The word natural is not the same as the words safe, good or beneficial but many us do associate these words together. I think there needs to be more open dialogue about natural products and we should not automatically award them angel wings purely because they are natural. Every decision we make about ingredients needs to be carefully weighed in terms of benefits and risks.

First up is the natural colorant henna

Benefits

1.  It is plant based, relatively easy to process and obtain.

2. It is known to build up on hair and some women note that it gives hair additional thickness

3. It is permanent and with regular application, easy to intensify the colour especially on grey hair.

4. It can be mixed with other natural dyes such as indigo to give a non-red result.

Risks / Negatives

1.  The weight of henna build up can cause curls to loosen which is a benefit to some but for ladies with loose curls to begin with, henna may cause loss of these curls.

2. It is permanent and difficult to cover over. It is generally difficult to use permanent hair colour which is lighter than henna (i.e dark brown/black/dark red are generally fine) with good results on hair that has been previously treated with henna.

3. Some people do report dry hair after henna use but many often remedy this using a conditioner afterwards.

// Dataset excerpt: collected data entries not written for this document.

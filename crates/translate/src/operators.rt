//! The least automaton of each operator over automata of its operands.
ghost use Rattle.std.specs.Prelude.{◌<◌, ◌&&◌, ◌||◌, ℕ, not, IfOk};
ghost use Rattle.forms.specs.Word.{is_empty};
ghost use Rattle.forms.specs.Operators as claims;
ghost use Rattle.diagrams.specs.Live.{Keeps};
ghost use Rattle.automata.specs.Table.{size_of, mark_of, Fits, moves_of};
ghost use Rattle.automata.specs.Numbering.{IsNumbered};
ghost use Rattle.minimise.specs.Minimal.{IsLeast};
ghost use Rattle.translate.specs.Exact.{accepted, IsLeastOf};

use crate::joins::{
    awaited_by, joined_automata, joined_now, literals, repeated_by, solved_with, stepped_by,
};
use crate::least::{flipped, solved};
use crate::operands::{Asked, operand_and_end, two_operands};
use automata::Automaton;
use bes_io::Memory;
use diagrams::{Op, Store};
use obligations::Cells;
use std::alloc::Global;

/// The automaton of all words, or of none.
pub(crate) fn constant(alloc: Global, store: &mut Store, value: bool) -> Result<Automaton, Memory>
    ensures keeps { Keeps store.old store.new }
    ensures least { IfOk result (λ made. IsLeastOf store.new made (λ w. value)) }
{
    let cells = Cells::new(alloc);
    let start = store.terminal(u32::from(value))?;
    solved(alloc, store, &cells, start)
}

/// The automaton of the words whose first letter has a proposition.
pub(crate) fn atom(alloc: Global, store: &mut Store, i: u32) -> Result<Automaton, Memory>
    requires { i < store.old.props }
    ensures keeps { Keeps store.old store.new }
    ensures least { IfOk result (λ made. IsLeastOf store.new made (claims.atom store.old.props i)) }
{
    let body = store.literal(i)?;
    solved_with(alloc, store, Cells::new(alloc), false, body)
}

/// The automaton of the words that another does not accept.
pub(crate) fn not(alloc: Global, store: &mut Store, a: &Automaton) -> Result<Automaton, Memory>
    requires fits { Fits store.old a.now }
    requires marks { (at : ℕ) → at < size_of a.now → mark_of a.now at < 2 }
    requires least { IsLeast store.old.props (moves_of store.old a.now) }
    requires numbered { IsNumbered store.old.props (moves_of store.old a.now) }
    ensures keeps { Keeps store.old store.new }
    ensures least { IfOk result (λ made. IsLeastOf store.new made (λ w. not (accepted store.old a.now w))) }
{
    prove!(a.first() < a.size());
    prove!(store.props() <= 32);
    flipped(alloc, a)
}

/// The automaton of the words that both operands accept.
pub(crate) fn and(
    alloc: Global,
    store: &mut Store,
    a: &Automaton,
    b: &Automaton,
) -> Result<Automaton, Memory>
    requires a { Fits store.old a.now }
    requires b { Fits store.old b.now }
    ensures keeps { Keeps store.old store.new }
    ensures least { IfOk result (λ made.
        IsLeastOf store.new made (λ w. accepted store.old a.now w && accepted store.old b.now w)) }
{
    joined_automata(alloc, store, Op::And, a, b)
}

/// The automaton of the words that an operand accepts.
pub(crate) fn or(
    alloc: Global,
    store: &mut Store,
    a: &Automaton,
    b: &Automaton,
) -> Result<Automaton, Memory>
    requires a { Fits store.old a.now }
    requires b { Fits store.old b.now }
    ensures keeps { Keeps store.old store.new }
    ensures least { IfOk result (λ made.
        IsLeastOf store.new made (λ w. accepted store.old a.now w || accepted store.old b.now w)) }
{
    joined_automata(alloc, store, Op::Or, a, b)
}

/// The automaton of the words that the second operand accepts or the first does not.
pub(crate) fn implies(
    alloc: Global,
    store: &mut Store,
    a: &Automaton,
    b: &Automaton,
) -> Result<Automaton, Memory>
    requires a { Fits store.old a.now }
    requires b { Fits store.old b.now }
    ensures keeps { Keeps store.old store.new }
    ensures least { IfOk result (λ made.
        IsLeastOf store.new made (λ w. not (accepted store.old a.now w) || accepted store.old b.now w)) }
{
    let of = two_operands(alloc, store, a, b, Asked::Alone)?;
    prove!(of.cells.len() <= 2147483647);
    let (first, second) = literals(store, &of)?;
    let one = store.terminal(1)?;
    let start = store.ite(first, second, one)?;
    solved(alloc, store, &of.cells, start)
}

/// The automaton of the words that both operands accept or neither.
pub(crate) fn iff(
    alloc: Global,
    store: &mut Store,
    a: &Automaton,
    b: &Automaton,
) -> Result<Automaton, Memory>
    requires a { Fits store.old a.now }
    requires b { Fits store.old b.now }
    ensures keeps { Keeps store.old store.new }
    ensures least { IfOk result (λ made.
        IsLeastOf store.new made (λ w. claims.agree (accepted store.old a.now w) (accepted store.old b.now w))) }
{
    joined_automata(alloc, store, Op::Iff, a, b)
}

/// The automaton of the words from some letter of which the second operand accepts, and from each before it the first.
pub(crate) fn until(
    alloc: Global,
    store: &mut Store,
    a: &Automaton,
    b: &Automaton,
) -> Result<Automaton, Memory>
    requires a { Fits store.old a.now }
    requires b { Fits store.old b.now }
    ensures keeps { Keeps store.old store.new }
    ensures least { IfOk result (λ made.
        IsLeastOf store.new made (claims.until (accepted store.old a.now) (accepted store.old b.now))) }
{
    awaited_by(alloc, store, Op::Or, Op::And, false, a, b)
}

/// The automaton of the words from each letter of which the second operand accepts, up to and with one from which the
/// first does, or to the end.
pub(crate) fn release(
    alloc: Global,
    store: &mut Store,
    a: &Automaton,
    b: &Automaton,
) -> Result<Automaton, Memory>
    requires a { Fits store.old a.now }
    requires b { Fits store.old b.now }
    ensures keeps { Keeps store.old store.new }
    ensures least { IfOk result (λ made.
        IsLeastOf store.new made (claims.release (accepted store.old a.now) (accepted store.old b.now))) }
{
    awaited_by(alloc, store, Op::And, Op::Or, true, a, b)
}

/// The automaton of the words that have a second letter and whose rest from there the operand accepts.
pub(crate) fn next(alloc: Global, store: &mut Store, a: &Automaton) -> Result<Automaton, Memory>
    requires { Fits store.old a.now }
    ensures keeps { Keeps store.old store.new }
    ensures least { IfOk result (λ made. IsLeastOf store.new made (claims.next (accepted store.old a.now))) }
{
    stepped_by(alloc, store, Op::And, false, a)
}

/// The automaton of the words that have no second letter or whose rest from there the operand accepts.
pub(crate) fn weak_next(
    alloc: Global,
    store: &mut Store,
    a: &Automaton,
) -> Result<Automaton, Memory>
    requires { Fits store.old a.now }
    ensures keeps { Keeps store.old store.new }
    ensures least { IfOk result (λ made. IsLeastOf store.new made (claims.weak_next (accepted store.old a.now))) }
{
    stepped_by(alloc, store, Op::Or, true, a)
}

/// The automaton of the words from some letter of which the operand accepts.
pub(crate) fn eventually(
    alloc: Global,
    store: &mut Store,
    a: &Automaton,
) -> Result<Automaton, Memory>
    requires { Fits store.old a.now }
    ensures keeps { Keeps store.old store.new }
    ensures least { IfOk result (λ made. IsLeastOf store.new made (claims.eventually (accepted store.old a.now))) }
{
    repeated_by(alloc, store, Op::Or, false, a)
}

/// The automaton of the words from each letter of which the operand accepts.
pub(crate) fn always(alloc: Global, store: &mut Store, a: &Automaton) -> Result<Automaton, Memory>
    requires { Fits store.old a.now }
    ensures keeps { Keeps store.old store.new }
    ensures least { IfOk result (λ made. IsLeastOf store.new made (claims.always (accepted store.old a.now))) }
{
    repeated_by(alloc, store, Op::And, true, a)
}

/// The automaton of the words that the operand accepts and that have a letter.
pub(crate) fn nonempty(alloc: Global, store: &mut Store, a: &Automaton) -> Result<Automaton, Memory>
    requires { Fits store.old a.now }
    ensures keeps { Keeps store.old store.new }
    ensures least { IfOk result (λ made. IsLeastOf store.new made (λ w. not (is_empty w) && accepted store.old a.now w)) }
{
    let of = operand_and_end(alloc, store, a, Asked::Alone, false)?;
    joined_now(alloc, store, Op::And, &of)
}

4. The dye responsible for henna‘s colour is called lawsone and it is a known mutagen (i.e it can cause changes to DNA in cells)*

*Changes to DNA in cells are in part responsible for cancer – Please note that henna is not directly implicated in causing cancer, but in the EU there is no safe level for it due to its ability to mutate cells.  The long and safe history of henna use especially in India is possibly the reason why its mutagenic properties are not usually seen as a cause for concern and despite there being no safe level for henna, it is still widely available.

Ladies, have you encountered any of these pros and cons? Share below.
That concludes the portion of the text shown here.